Ich beiße mir auf die Lippe und versuche an das erste Mal zurück zu denken, ohne allzu viele Erinnerungen wachzurütteln.
„Seitdem ich ungefähr sechzehn bin, also seit gut vier Jahren", antworte ich ebenso leise und traue mich nicht, der schönen Schauspielerin ins Gesicht zu sehen. Mir ist dieser Umstand mehr als nur unangenehm.
„Und weißt du, warum dein Vater es tut?"
Ich zucke nur mit den Schultern.
„Er sagt, ich muss meinen Teil zu unserer Familie beitragen, genau wie jeder andere. Außerdem brauchen wir das Geld. Auch für die Tiger. Und für diese vier würde ich alles tun..."
Meine Stimme wird immer leiser, bevor ich schließlich verstumme.
Natürlich weiß ich selbst, dass es nicht normal ist, mit so vielen Männern Tag ein Tag aus nachhause zu gehen und es bereitet mir auch keine Freude. Im Gegenteil! Am Anfang war ich mehr als nur angeekelt, aber ich habe es immer irgendwie geschafft. Und mich in diesem Punkt gegen meinen Vater zu stellen, ist unmöglich.
„Und das weiß dein Vater. Durch die Tiger hat er dich in der Hand. Wenn du nicht gehorchst droht er dir, ihnen etwas anzutun, richtig?", sagt June sanft und ich sehe sie erschrocken an.
Woher weiß sie nur so viel über mich?
„Ich-...", setze ich zögernd an, doch die erfolgreiche Schauspielerin unterbricht mich nur mit dem leichten Schütteln ihres Kopfes.
„Du musst dich nicht rechtfertigen. Ich weiß, dass es so ist. Und es ist nicht gut. Ich wünsche dir wirklich, dass du aus diesem Teufelskreis irgendwann ausbrechen kannst, Romy. Du bist eine starke junge Frau. Du kannst es schaffen."
Dann legt Miss Evans vorsichtig eine Hand auf meine Schulter und blickt mich aus ihren grünen Augen tief an.
Ich spüre die Wärme ihrer Haut durch meine dünne Jacke hindurch. Doch der Moment währt nicht lange.

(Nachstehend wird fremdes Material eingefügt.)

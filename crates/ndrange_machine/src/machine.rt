//! The machine.

ghost use Rattle.std.specs.Prelude.{◌≡◌, ◌↔◌, ◌+◌, ◌<◌, ◌≤◌, ℕ, List, [], false, length, map, slice_get, slice_index, Some, None, replicate, IsTrue, IfOk};
ghost use Rattle.kernel_tree.specs.Code as code;
ghost use Rattle.kernel_tree.specs.Launch as seen;
ghost use Rattle.kernel_tree.specs.declared.events.Event as held_event;
ghost use Rattle.kernel_tree.specs.declared.events.Event.TheVariants as event_form;
ghost use Rattle.kernel_tree.specs.declared.events.FaultKind.TheVariants.{OutOfRange, Race};
ghost use Rattle.kernel_tree.specs.Device.{device_of, AllEnded};
ghost use Rattle.kernel_tree.specs.Kernels.{kernel_of};
ghost use Rattle.kernel_tree.specs.Schedule.{AreEnabled};
ghost use Rattle.kernel_tree.specs.Seen.{shared_cell};
ghost use Rattle.kernel_tree.specs.Tree.{array_of};
ghost use Rattle.enabled_events.specs.Flags.{IsHeight};
ghost use Rattle.enabled_events.specs.Grids.{grid_of, laid, IsSmall};
ghost use Rattle.enabled_events.specs.Listed.{flagged_events};
ghost use Rattle.race_marks.specs.Marked.{BeginsMarks, TracksAccess, TracksFour};
ghost use Rattle.ndrange_machine.specs.Changes.{start_view};
ghost use Rattle.ndrange_machine.specs.Sights.{access_of_want, fault_in, lane_of, raced_cell, touch_at};
ghost use Rattle.ndrange_machine.specs.ItemView.{ItemView};
ghost use Rattle.ndrange_machine.specs.Known.{AreGroups};
ghost use Rattle.ndrange_machine.specs.Memory.{rows_of};
ghost use Rattle.ndrange_machine.specs.Words.{AreFilled};
ghost use Rattle.ndrange_machine.specs.declared.want.Want.TheVariants as want_form;

use crate::change::Change;
use crate::four::Four;
use crate::ids::Ids;
use crate::items::Items;
use crate::line::{Line, depth_of, lines_of, steps_from};
use crate::memory::Memory;
use crate::want::{Want, want_begun};
use count_tree::steps::Steps;
use enabled_events::grid::Grid;
use enabled_events::laws::{flags_follow, flags_tell};
use enabled_events::ready::Ready;
use kernel_tree::events::{Access, Cell, Event, Fault, FaultKind, Seen};
use kernel_tree::launches::{Cells, Launch};
use kernel_tree::tree::{Array, Kernel};
use race_marks::cells::CellMarks;
use race_marks::laws::marks_stay;
use race_marks::marks::Touch;
use std::alloc::{AllocError, Global};
use std::sync::ledger::Ledger;

/// A kernel at some point of a run. The fault is that of the last event that had one: a step says
/// by a `bool` whether it had one, so that nothing of it is looked at where all is well.
#[derive(Drop)]
pub struct Machine {
    lines: Vec<Line>,
    launch: Launch,
    memory: Memory,
    items: Items,
    groups: Vec<u16>,
    marks: CellMarks,
    ready: Ready,
    fault: Option<Fault>,
    ghost small: { IsSmall (grid_of launch) },
    ghost all_items: { length items ≡ seen.item_count launch },
    ghost ready_grid: { ready.grid ≡ grid_of launch },
    ghost ready_items: { length ready.items ≡ seen.item_count launch },
    ghost ready_groups: { length ready.groups ≡ seen.group_count launch },
    ghost marked_groups: { marks.groups ≡ seen.group_count launch },
    ghost grouped: { length groups.items ≡ seen.item_count launch },
    ghost its_group: { (j : ℕ) → j < seen.item_count launch
        → slice_index groups.items j ≡ seen.group_of launch j },
}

Denn dann wendet sich die junge Schauspielerin erneut abrupt ab und geht schnellen Schrittes über die Wiese davon.
Ich zögere noch einen Moment. Doch andererseits möchte ich auch meinem Vater und vor allem Mr. Gibson heute Abend ungerne noch einmal begegnen. Also tue ich das einzig richtige in meinen Augen.
Ich laufe June wieder hinterher.
„Ich fürchte, Sie werden mich in dieser Nacht nicht mehr los. Immerhin...immerhin haben Sie meinem Vater ziemlich viel Geld bezahlt", sage ich verlegen, als ich die andere Frau kurz darauf eingeholt habe.
Miss Evans mustert mich einem Moment lang von Kopf bis Fuß, dann schmunzelt sie und nickt schließlich langsam.
„Wenn das so ist...hast du Lust mich nachhause zu begleiten?"